I have 2 cable accounts at my office just like you describe,
5 static ips provided by a cable company supplied router with a built-in 
4 port switch. But I can't exactly replicate your setup because:

1) The router and cable modem are seperate boxes. The router part is a 
cisco 800 series router with one wan nic and one lan nic and 4 bridged 
lan ports. This means my hardware can't be the same as yours because you 
described a single box with integrated cable modem. So, being not 
identical, my hardware may not behave exactly as yours does and it may 
not be an LXC problem, merely a problem LXC tickles.

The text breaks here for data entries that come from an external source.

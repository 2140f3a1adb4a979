//! What is kept of one name while packets of others come.

ghost use Rattle.std.specs.Prelude.{◌≡◌, ◌≤◌, None, length, IfOk, true};
ghost use Rattle.lpt_packet.specs.Sizes.{longest_packet};
ghost use Rattle.lpt_layout.specs.Parts.{piece};
ghost use Rattle.lpt_layout_each.specs.Eaches as each;
ghost use Rattle.lpt_layout_each.specs.Helds.{Follows, IsKept, Keeps, StepsKept};
ghost use Rattle.lpt_layout_each.specs.Kepts.{IsOthers, IsUnlessBlank, out_of_boxes, came_or, out_of_box};
ghost use Rattle.lpt_layout_each.specs.Streams.{waiting};

use crate::course::CourseAs;
use crate::held::HeldAs;
use crate::run::RunAs;
use crate::{NewsAs, WaitingAs};
use lpt_carried::Reading;
use lpt_layout::PartAs;
use lpt_layout_join::{CameAs, Order};
use std::alloc::{AllocError, Global};
use std::boxed::Box;
use std::mem;

/// What is kept of one name, in a block of its own: a map of such takes little for a name, whatever
/// of it stands empty.
#[derive(Drop)]
pub(crate) struct KeptAs {
    pub(crate) inside: Box<Inside>,
}

/// The same as a course, but for what is empty in most.
#[derive(Drop)]
pub(crate) struct Inside {
    pub(crate) rest: CameAs,
    // The order of the run.
    pub(crate) missing: u64,
    pub(crate) count: u32,
    pub(crate) room: u32,
    pub(crate) few: bool,
    pub(crate) alone: bool,
    pub(crate) stale: bool,
    pub(crate) gave: bool,
    pub(crate) others: Option<Box<Others>>,
}

/// The last message, all parts behind it, and those that came in their order.
#[derive(Drop)]
pub(crate) struct Others {
    pub(crate) last: Option<Box<CameAs>>,
    pub(crate) all: Option<Box<CameAs>>,
    pub(crate) run: Option<Box<CameAs>>,
}

/// The same out of their blocks.
#[derive(Drop)]
pub(crate) struct Apart {
    pub(crate) last: Option<CameAs>,
    pub(crate) all: Option<CameAs>,
    pub(crate) run: Option<CameAs>,
}

impl KeptAs {
    // A course. The only error is out of memory.
    pub(crate) fn of(alloc: Global, course: CourseAs) -> Result<KeptAs, AllocError>
        ensures { (c : each.Course) → Follows c course → IfOk result (IsKept c) }
    {
        let inside = Box::new(alloc, Inside::of(alloc, course)?)?;
        Ok(KeptAs { inside })
    }

    // Takes a part of the name, at this place, up to which so many counts are missing, and gives
    // what is told of it. The only error is out of memory.
    pub(crate) fn take(
        &mut self,
        alloc: Global,
        reading: &Reading,
        any: bool,
        missing: u64,
        place: u64,
        part: &PartAs<'_>,
    ) -> Result<Option<NewsAs>, AllocError>
        requires number { 1 ≤ part.now.number }
        requires short { length part.now.octets.now ≤ longest_packet }
        ensures { (c : each.Course) → IsKept c self.old → IfOk result (λ news.
            StepsKept (self.new, news) (each.step reading.now any missing c (piece part.now))) }
    {
        let none = Inside::none(alloc);
        let inside = mem::replace(&mut *self.inside, none);
        let mut course = inside.open(alloc);
        let news = course.take(alloc, reading, any, missing, place, part)?;
        *self.inside = Inside::of(alloc, course)?;
        Ok(news)
    }

    // Whether nothing is left of what came.
    pub(crate) fn is_empty(&self) -> bool
        ensures { (c : each.Course) → IsKept c self.now → result ≡ each.is_empty c.held.new }
    {
        self.inside.rest.highest() == 0
    }

    // How much is left.
    pub(crate) fn waiting(&self) -> WaitingAs
        ensures { (c : each.Course) → IsKept c self.now → result ≡ waiting c.held.new }
    {
        WaitingAs {
            count: self.inside.rest.count(),
            highest: self.inside.rest.highest(),
        }
    }

    // What is left.
    pub(crate) fn into_new(self) -> CameAs
        ensures { result ≡ self.inside.value.rest }
    {
        let KeptAs { inside } = self;
        let Inside { rest, .. } = Box::into_inner(inside);
        rest
    }
}

impl Inside {
    // Nothing.
    fn none(alloc: Global) -> Inside {
        Inside {
            rest: CameAs::new(alloc),
            missing: 0,
            count: 0,
            room: 0,
            few: true,
            alone: true,
            stale: false,
            gave: false,
            others: None,
        }
    }

    // What is kept of a course. The only error is out of memory.
    fn of(alloc: Global, course: CourseAs) -> Result<Inside, AllocError>
        ensures { (c : each.Course) → Follows c course → IfOk result (Keeps c) }
    {
        let CourseAs {
            held,
            run,
            alone,
            stale,
            gave,
        } = course;
        let HeldAs { last, all, rest } = held;
        let RunAs { order, came } = run;
        let others = others_of(alloc, last, all, came)?;
        Ok(Inside {
            rest,
            missing: order.missing,
            count: order.count,
            room: order.room,
            few: order.few,
            alone,
            stale,
            gave,
            others,
        })
    }

    // The course.
    fn open(self, alloc: Global) -> CourseAs
        ensures { (c : each.Course) → Keeps c self → Follows c result }
    {
        let Inside {
            rest,
            missing,
            count,
            room,
            few,
            alone,
            stale,
            gave,
            others,
        } = self;
        let Apart { last, all, run } = out_of_boxes(others);
        let order = Order {
            count,
            missing,
            room,
            few,
        };
        let blank = CameAs::new(alloc);
        let came = came_or(run, blank);
        CourseAs {
            held: HeldAs { last, all, rest },
            run: RunAs { order, came },
            alone,
            stale,
            gave,
        }
    }
}

// These, if there are any but a run of no parts. The only error is out of memory.
fn others_of(
    alloc: Global,
    last: Option<CameAs>,
    all: Option<CameAs>,
    run: CameAs,
) -> Result<Option<Box<Others>>, AllocError>
    ensures { IfOk result (IsOthers last all run) }
{
    let run = unless_blank(run);
    if none_of(&last, &all, &run) {
        return Ok(None);
    }
    let last_box = in_box(alloc, last)?;
    let all_box = in_box(alloc, all)?;
    let run_box = in_box(alloc, run)?;
    let others = Others {
        last: last_box,
        all: all_box,
        run: run_box,
    };
    let kept = Box::new(alloc, others)?;
    Ok(Some(kept))
}

// Whether there are none of these.
fn none_of(last: &Option<CameAs>, all: &Option<CameAs>, run: &Option<CameAs>) -> bool
    ensures { result ≡ true → (last.now ≡ None) × (all.now ≡ None) × (run.now ≡ None) }
{
    last.is_none() && all.is_none() && run.is_none()
}

// These parts, unless there are none.
fn unless_blank(came: CameAs) -> Option<CameAs>
    ensures { IsUnlessBlank came result }
{
    if came.is_blank() {
        return None;
    }
    Some(came)
}

// The same out of their blocks.
fn out_of_boxes(others: Option<Box<Others>>) -> Apart
    ensures { result ≡ out_of_boxes others }
{
    match others {
        None => Apart {
            last: None,
            all: None,
            run: None,
        },
        Some(others) => {
            let Others { last, all, run } = Box::into_inner(others);
            Apart {
                last: out_of_box(last),
                all: out_of_box(all),
                run: out_of_box(run),
            }
        }
    }
}

// These parts, or others.
fn came_or(came: Option<CameAs>, other: CameAs) -> CameAs
    ensures { result ≡ came_or came other }
{
    match came {
        Some(came) => came,
        None => other,
    }
}

// In a block of its own. The only error is out of memory.
fn in_box(alloc: Global, came: Option<CameAs>) -> Result<Option<Box<CameAs>>, AllocError>
    ensures { IfOk result (λ b. out_of_box b ≡ came) }
{
    match came {
        None => Ok(None),
        Some(came) => Ok(Some(Box::new(alloc, came)?)),
    }
}

// Out of its block.
fn out_of_box(came: Option<Box<CameAs>>) -> Option<CameAs>
    ensures { result ≡ out_of_box came }
{
    match came {
        None => None,
        Some(came) => Some(Box::into_inner(came)),
    }
}
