//! The messages of a mission's layout, or of the profile's, among the packets of a stream, each of
//! every name, in the order in which they become whole, and what never becomes whole.
//!
//! A name is used again: behind a whole message the next one begins. Parts of the last message that
//! come again late do no harm, and a next message that has parts of the last one is joined too.
//!
//! The main types are `NewsAs`, and `TakerAs`, who is told of them. The first call is `each_as`.
//! Who does something else with each packet, too, keeps `HeldsAs`, and at the end calls `leave_as`,
//! or `pop_left` for one name after the other. `write_messages` makes a file of each in a `Shelf`.
#![tactic(auto)]

mod alone;
mod course;
mod each;
mod held;
mod helds;
mod kept;
pub mod laws;
mod leaving;
mod lefts;
mod naming;
mod news;
mod run;
mod shelf;
mod turn;
mod waiting;
mod writing;

pub use each::each_as;
pub use helds::HeldsAs;
pub use leaving::leave_as;
pub use lefts::pop_left;
pub use lpt_carried::{CarriedPart, Name, Reading, Skips};
pub use lpt_layout::Octets;
pub use lpt_layout_join::{CameAs, MisfitAs};
pub use lpt_text::{Source, StreamFault};
pub use news::{NewsAs, TakerAs};
pub use shelf::Shelf;
pub use waiting::WaitingAs;
pub use writing::write_messages;
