//! The paths of messages.

ghost use Rattle.std.specs.Prelude.{◌≡◌, IfOk, string_bytes};
ghost use Rattle.lpt_layout_each.specs.Filing.{path_text};

use lpt_carried::Name;
use lpt_packet::Direction;
use std::alloc::{AllocError, Global};

/// The path in this folder of a message of this name behind so many of its messages. The only error
/// is out of memory.
pub(crate) fn path_for(
    alloc: Global,
    folder: &str,
    direction: Direction,
    name: Name,
    before: u64,
) -> Result<String, AllocError>
    ensures { IfOk result (λ t. string_bytes t ≡ path_text folder.now direction name before) }
{
    let direction = direction.word();
    let (user, id) = (name.user, name.id);
    format!(in alloc; "{folder}/{direction}-{user}-{id}.{before}")
}
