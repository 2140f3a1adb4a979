//! What a further part makes of those that came before it.

ghost use Rattle.std.specs.Prelude.{◌≤◌, Bool, length, IfOk, OnOk};
ghost use Rattle.lpt_packet.specs.Sizes.{longest_packet};
ghost use Rattle.lpt_layout.specs.Parts.{piece};
ghost use Rattle.lpt_layout_join.specs.Came.{Came};
ghost use Rattle.lpt_layout_join.specs.CameInside.{Shows};
ghost use Rattle.lpt_layout_each.specs.Eaches.{alone, more, turn};
ghost use Rattle.lpt_layout_each.specs.Helds.{IsTurn};

use lpt_carried::Reading;
use lpt_layout::{Octets, PartAs};
use lpt_layout_join::{CameAs, MisfitAs, unfit};
use std::alloc::{AllocError, Global};

/// What a further part makes of those that came before it.
#[derive(Drop)]
pub(crate) enum Turn {
    /// Parts are missing.
    Waits,
    /// It contradicts them.
    Broken,
    /// What they are joined to isn't given out.
    Unfit(MisfitAs),
    /// They are whole, and joined to this message.
    Gives(Octets),
}

// Adds a part, at this place, to others. The only error is out of memory.
pub(crate) fn turn_with(
    alloc: Global,
    reading: &Reading,
    any: bool,
    place: u64,
    came: &mut CameAs,
    part: &PartAs<'_>,
) -> Result<Turn, AllocError>
    requires number { 1 ≤ part.now.number }
    requires short { length part.now.octets.now ≤ longest_packet }
    ensures came { (c : Came) → Shows c came.old
        → OnOk result (Shows (more c (piece part.now)) came.new) }
    ensures turn { (c : Came) → Shows c came.old → IfOk result (λ t.
        (again : Bool)
        → IsTurn again c (piece part.now) t (turn reading.now any again c (piece part.now))) }
{
    came.take_from(place, part)?;
    if came.against().is_some() {
        return Ok(Turn::Broken);
    }
    match came.message(alloc)? {
        None => Ok(Turn::Waits),
        Some(message) => match unfit(reading, any, false, message.as_slice()) {
            None => Ok(Turn::Gives(message)),
            Some(misfit) => Ok(Turn::Unfit(misfit)),
        },
    }
}

// The parts with which a part at this place begins anew. The only error is out of memory.
pub(crate) fn alone(alloc: Global, place: u64, part: &PartAs<'_>) -> Result<CameAs, AllocError>
    requires number { 1 ≤ part.now.number }
    requires short { length part.now.octets.now ≤ longest_packet }
    ensures { IfOk result (Shows (alone (piece part.now))) }
{
    let mut came = CameAs::new(alloc);
    came.take_from(place, part)?;
    Ok(came)
}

2) More relevant, those cisco's aren't doing any nat for me. I treat the 
lan ports on those routers as part of the internet and are only 
connected to nics with public ip's in the particular range of each 
particular router. No connections to nics or switches that connect to 
any other nics having any ips outside that range.

I have a few lxc boxes set up here, and one of them is on one of these 
cable lines. But both the lxc host and the containers within it all have 
public ip's from the same 5-address pool of usable addresses for that 
router. The host and the containers do also have private lan ip's, but 
they bare all on a seperate nic on the host, and that nic connects to a 
seperate switch, which, even thought that nat traffic does happen to 
ultimately go back out via one of the public ip's on that same cable 
line, it does so via a seperate physical network and nat router, which 
happens to be another a linux box with 2 nics, one stricty private one 
public directly connected to one of the lan ports on the cisco.

Perhaps lxc does mis a beat somewhere with that network, or perhaps it's 
the router, but I think this kind of mystery problem is exactly why I 
"just don't do that". I know it's technically "legal" and I'd do it if I 
had a reason to some time, but where possible I don't mix ip ranges on a 
physical network or within a vlan at least. Especially I avoid potential 
routing ambiguity such as having lan and wan traffic on the same 
physical net where both would end up routing, for different reasons, to 
the same gateway device or nic. Thats just begging for problems.